● **PROBLEM TO SOLVE**: Reproduce the complete set of records, exactly as they appear.

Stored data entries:
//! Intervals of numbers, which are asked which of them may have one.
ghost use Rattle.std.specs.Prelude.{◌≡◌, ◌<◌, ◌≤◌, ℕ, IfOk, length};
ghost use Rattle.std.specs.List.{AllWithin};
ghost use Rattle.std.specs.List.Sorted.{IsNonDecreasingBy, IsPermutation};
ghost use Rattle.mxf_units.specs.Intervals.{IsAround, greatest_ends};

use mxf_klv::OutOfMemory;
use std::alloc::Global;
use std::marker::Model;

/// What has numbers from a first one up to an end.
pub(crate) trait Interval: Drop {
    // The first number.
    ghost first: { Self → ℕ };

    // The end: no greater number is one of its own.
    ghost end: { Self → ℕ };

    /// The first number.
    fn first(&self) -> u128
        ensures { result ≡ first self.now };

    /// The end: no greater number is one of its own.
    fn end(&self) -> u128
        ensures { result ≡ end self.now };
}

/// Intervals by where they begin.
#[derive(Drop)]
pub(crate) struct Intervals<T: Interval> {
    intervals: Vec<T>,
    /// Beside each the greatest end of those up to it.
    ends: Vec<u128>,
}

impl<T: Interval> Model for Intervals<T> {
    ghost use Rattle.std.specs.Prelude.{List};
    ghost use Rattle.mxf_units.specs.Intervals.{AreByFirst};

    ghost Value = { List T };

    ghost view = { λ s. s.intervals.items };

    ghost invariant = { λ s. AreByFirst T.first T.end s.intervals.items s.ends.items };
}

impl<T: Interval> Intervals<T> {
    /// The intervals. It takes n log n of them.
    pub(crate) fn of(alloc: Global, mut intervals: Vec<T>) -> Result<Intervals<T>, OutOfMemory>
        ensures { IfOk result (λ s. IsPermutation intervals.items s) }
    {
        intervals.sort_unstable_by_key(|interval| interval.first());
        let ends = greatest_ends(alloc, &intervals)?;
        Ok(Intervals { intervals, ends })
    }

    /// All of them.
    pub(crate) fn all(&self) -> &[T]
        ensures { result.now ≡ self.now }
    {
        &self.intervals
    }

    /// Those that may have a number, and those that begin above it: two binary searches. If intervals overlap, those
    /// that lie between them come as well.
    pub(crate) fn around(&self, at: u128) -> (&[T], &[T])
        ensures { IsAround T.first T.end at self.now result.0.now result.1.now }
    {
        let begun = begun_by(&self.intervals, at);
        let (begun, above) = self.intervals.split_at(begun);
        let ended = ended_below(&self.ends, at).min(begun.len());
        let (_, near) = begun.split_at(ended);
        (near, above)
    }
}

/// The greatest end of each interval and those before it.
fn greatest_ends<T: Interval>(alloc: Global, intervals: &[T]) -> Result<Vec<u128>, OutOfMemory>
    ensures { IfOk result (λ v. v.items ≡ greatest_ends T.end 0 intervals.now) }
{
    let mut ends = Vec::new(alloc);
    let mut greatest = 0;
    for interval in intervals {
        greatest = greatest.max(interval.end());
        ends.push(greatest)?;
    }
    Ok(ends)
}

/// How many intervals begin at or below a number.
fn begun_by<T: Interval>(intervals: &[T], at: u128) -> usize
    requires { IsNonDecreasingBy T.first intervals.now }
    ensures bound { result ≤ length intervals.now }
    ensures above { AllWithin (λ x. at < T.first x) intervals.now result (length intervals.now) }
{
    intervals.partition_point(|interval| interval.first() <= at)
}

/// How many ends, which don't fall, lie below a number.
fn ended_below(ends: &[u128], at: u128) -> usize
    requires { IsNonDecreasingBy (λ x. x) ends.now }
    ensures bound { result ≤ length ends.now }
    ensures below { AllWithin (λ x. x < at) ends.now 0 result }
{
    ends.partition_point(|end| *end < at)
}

● **EXERCISE SOLUTION**:
//! Intervals of numbers, which are asked which of them may have one.
ghost use Rattle.std.specs.Prelude.{◌≡◌, ◌<◌, ◌≤◌, ℕ, IfOk, length};
ghost use Rattle.std.specs.List.{AllWithin};
ghost use Rattle.std.specs.List.Sorted.{IsNonDecreasingBy, IsPermutation};
ghost use Rattle.mxf_units.specs.Intervals.{IsAround, greatest_ends};

use mxf_klv::OutOfMemory;
use std::alloc::Global;
use std::marker::Model;

/// What has numbers from a first one up to an end.
pub(crate) trait Interval: Drop {
    // The first number.
    ghost first: { Self → ℕ };

    // The end: no greater number is one of its own.
    ghost end: { Self → ℕ };

    /// The first number.
    fn first(&self) -> u128
        ensures { result ≡ first self.now };

    /// The end: no greater number is one of its own.
    fn end(&self) -> u128
        ensures { result ≡ end self.now };
}

/// Intervals by where they begin.
#[derive(Drop)]
pub(crate) struct Intervals<T: Interval> {
    intervals: Vec<T>,
    /// Beside each the greatest end of those up to it.
    ends: Vec<u128>,
}

impl<T: Interval> Model for Intervals<T> {
    ghost use Rattle.std.specs.Prelude.{List};
    ghost use Rattle.mxf_units.specs.Intervals.{AreByFirst};

    ghost Value = { List T };

    ghost view = { λ s. s.intervals.items };

    ghost invariant = { λ s. AreByFirst T.first T.end s.intervals.items s.ends.items };
}

impl<T: Interval> Intervals<T> {
    /// The intervals. It takes n log n of them.
    pub(crate) fn of(alloc: Global, mut intervals: Vec<T>) -> Result<Intervals<T>, OutOfMemory>
        ensures { IfOk result (λ s. IsPermutation intervals.items s) }
    {
        intervals.sort_unstable_by_key(|interval| interval.first());
        let ends = greatest_ends(alloc, &intervals)?;
        Ok(Intervals { intervals, ends })
    }

    /// All of them.
    pub(crate) fn all(&self) -> &[T]
        ensures { result.now ≡ self.now }
    {
        &self.intervals
    }

    /// Those that may have a number, and those that begin above it: two binary searches. If intervals overlap, those
    /// that lie between them come as well.
    pub(crate) fn around(&self, at: u128) -> (&[T], &[T])
        ensures { IsAround T.first T.end at self.now result.0.now result.1.now }
    {
        let begun = begun_by(&self.intervals, at);
        let (begun, above) = self.intervals.split_at(begun);
        let ended = ended_below(&self.ends, at).min(begun.len());
        let (_, near) = begun.split_at(ended);
        (near, above)
    }
}

/// The greatest end of each interval and those before it.
fn greatest_ends<T: Interval>(alloc: Global, intervals: &[T]) -> Result<Vec<u128>, OutOfMemory>
    ensures { IfOk result (λ v. v.items ≡ greatest_ends T.end 0 intervals.now) }
{
    let mut ends = Vec::new(alloc);
    let mut greatest = 0;
    for interval in intervals {
        greatest = greatest.max(interval.end());
        ends.push(greatest)?;
    }
    Ok(ends)
}

/// How many intervals begin at or below a number.
fn begun_by<T: Interval>(intervals: &[T], at: u128) -> usize
    requires { IsNonDecreasingBy T.first intervals.now }
    ensures bound { result ≤ length intervals.now }
    ensures above { AllWithin (λ x. at < T.first x) intervals.now result (length intervals.now) }
{
    intervals.partition_point(|interval| interval.first() <= at)
}

/// How many ends, which don't fall, lie below a number.
fn ended_below(ends: &[u128], at: u128) -> usize
    requires { IsNonDecreasingBy (λ x. x) ends.now }
    ensures bound { result ≤ length ends.now }
    ensures below { AllWithin (λ x. x < at) ends.now 0 result }
{
    ends.partition_point(|end| *end < at)
}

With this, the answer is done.